The Proclaimers: And I would walk 500 miles
Me: (realizing there’s no way I’m putting this much work into a relationship) You should pick them
The lady behind me in the drive-thru honked impatiently so i paid for her order. When she pulled up to the 1st window to pay, her expression was priceless. Then I picked up both orders at the 2nd window and drove away
i feel like if you can prove you got below a C in high school chemistry you should be able to bring big liquids in your airplane carry on
Possum: They say all your spouses passed away under mysterious circumst– wait are those coon skin hats?

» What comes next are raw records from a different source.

//! The rules that the items of a state wait for, each with an item that has it after the dot.
ghost use Rattle.std.specs.Prelude.{◌≡◌, ◌<◌, ◌≤◌, IfOk, OnOk, length};
ghost use Rattle.lrpar_grammar.specs.Grammar.{IsWellFormed, prod_len, prods_len, rules_len};
ghost use Rattle.lrpar_table_rows.specs.Graph.{graph_len};
ghost use Rattle.lrpar_parse_completion.specs.Waiting.{AreWaitingIn};

use lrpar_grammar::grammar::YaccGrammar;
use lrpar_grammar::span::{PIdx, RIdx, StIdx, StorageIndex};
use lrpar_table_check::check::ParserData;
use lrpar_table_first::after_dot::rule_after;
use std::alloc::{AllocError, Global};

/// A rule, and an item that has it after the dot: its production and its dot.
#[derive(Clone, Copy)]
pub(crate) struct Link<StorageT: StorageIndex> {
    pub(crate) rule: RIdx<StorageT>,
    pub(crate) prod: PIdx<StorageT>,
    pub(crate) dot: usize,
}

/// The rules that are found so far, in the order in which they are found, and for each rule of the grammar whether it is among them.
#[derive(Drop)]
struct Found<StorageT: StorageIndex> {
    links: Vec<Link<StorageT>>,
    marks: Vec<bool>,
}

/// The rules that the items of the state wait for, each once: an item has the rule after its dot. That item is a kernel item or the start
/// item, or the rule of its production is an earlier one.
///
/// Takes time and memory linear in the grammar. `Err`: out of memory.
pub(crate) fn waiting<StorageT: StorageIndex>(
    alloc: Global,
    checked: &ParserData<StorageT>,
    state: StIdx<StorageT>,
) -> Result<Vec<Link<StorageT>>, AllocError>
    requires { StorageT.index state.0 < graph_len checked.now.graph }
    ensures { IfOk result (AreWaitingIn StorageT.index checked.now state) }
{
    let _lemma = checked.stable();
    let grm = checked.grm();
    let mut found = Found::new(alloc, grm)?;
    found.add_kernel(checked, state)?;
    found.add_start(checked, state)?;
    let mut place = 0;
    'found: while place < found.links.len() {
        let link = found.links[place];
        found.add_prods(grm, link.rule)?;
        place += 1;
    }
    let Found { links, marks: _ } = found;
    Ok(links)
}

impl<StorageT: StorageIndex> Found<StorageT> {
    ghost use Rattle.lrpar_parse_completion.specs.Finding.{AddsItem, AddsKernel, AddsProds, AddsStart, HasNone, IsCounted};

    // No rule.
    fn new(alloc: Global, grm: &YaccGrammar<StorageT>) -> Result<Self, AllocError>
        ensures { IfOk result (HasNone StorageT.index grm.now) }
    {
        let marks = vec![in alloc; false; grm.rules_len()]?;
        Ok(Found {
            links: Vec::new(alloc),
            marks,
        })
    }

    // Adds the rules after the dots of the state's kernel items.
    fn add_kernel(
        &mut self,
        checked: &ParserData<StorageT>,
        state: StIdx<StorageT>,
    ) -> Result<(), AllocError>
        requires state { StorageT.index state.0 < graph_len checked.now.graph }
        requires counted { IsCounted StorageT.index checked.now.grammar self.old }
        ensures { OnOk result (AddsKernel StorageT.index checked.now state self.old self.new) }
    {
        let _lemma = checked.stable();
        let grm = checked.grm();
        for (prod, dot) in checked.sgraph().begun_cores(state) {
            self.add(grm, *prod, *dot)?;
        }
        Ok(())
    }

    // Adds the start rule, if the state is the start state.
    fn add_start(
        &mut self,
        checked: &ParserData<StorageT>,
        state: StIdx<StorageT>,
    ) -> Result<(), AllocError>
        requires counted { IsCounted StorageT.index checked.now.grammar self.old }
        ensures { OnOk result (AddsStart StorageT.index checked.now state self.old self.new) }
    {
        if usize::from(state) != usize::from(checked.stable().start_state()) {
            return Ok(());
        }
        let grm = checked.grm();
        self.add(grm, grm.start_prod(), 0)?;
        Ok(())
    }

    // Adds the rule after the dot of each production of the rule, with the dot at the start.
    fn add_prods(
        &mut self,
        grm: &YaccGrammar<StorageT>,
        rule: RIdx<StorageT>,
    ) -> Result<(), AllocError>
        requires formed { IsWellFormed grm.now }
        requires rule { StorageT.index rule.0 < rules_len grm.now }
        requires counted { IsCounted StorageT.index grm.now self.old }
        ensures { OnOk result (AddsProds StorageT.index grm.now rule self.old self.new) }
    {
        for prod in grm.rule_to_prods(rule) {
            self.add(grm, *prod, 0)?;
        }
        Ok(())
    }

    // Adds the rule after the dot of the item, if there is one and it isn't found yet.
    fn add(
        &mut self,
        grm: &YaccGrammar<StorageT>,
        prod: PIdx<StorageT>,
        dot: usize,
    ) -> Result<(), AllocError>
        requires formed { IsWellFormed grm.now }
        requires prod { StorageT.index prod.0 < prods_len grm.now }
        requires dot { dot ≤ prod_len grm.now (StorageT.index prod.0) }
        requires len { length self.old.marks.items ≡ rules_len grm.now }
        ensures { OnOk result (AddsItem StorageT.index grm.now prod dot self.old self.new) }
    {
        let Some((rule, _)) = rule_after(grm, prod, dot) else {
            return Ok(());
        };
        let number = usize::from(rule);
        if self.marks[number] {
            return Ok(());
        }
        self.links.push(Link { rule, prod, dot })?;
        self.marks[number] = true;
        Ok(())
    }
}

Raccoon: Those are just old wives tails
The red haired guy in the bakery
doesn’t like being called…
‘The Ginger Bread Man’*lesson learned
Daniel LaRusso: oh man I get it, muscle memory! So the painting was teaching me-
Mr Miyagi: *smug nod* karate
Daniel: sanding the deck was-
Miyagi: karate
Daniel: and collecting your dry cleaning was-
Miyagi: anyway let’s move on
I’ve just accidentally swallowed some scrabble tiles… My next shit could spell disaster!
*Cleans glasses*
“Omg I have a cat?”
Some lady at Olive Garden died, so we’re rummaging through her stuff. Just like a real family.
Husband uses any old plate for family members.
Also husband uses the best plate for the cat.
If life was fair, salad would cause weight gain, and we’d have to eat a lot of chocolate to lose it all back.
Instead of butterfly kisses, I give you moth kisses. They’re crazy, frantic, all over the place- and quite honestly, you’re terrified.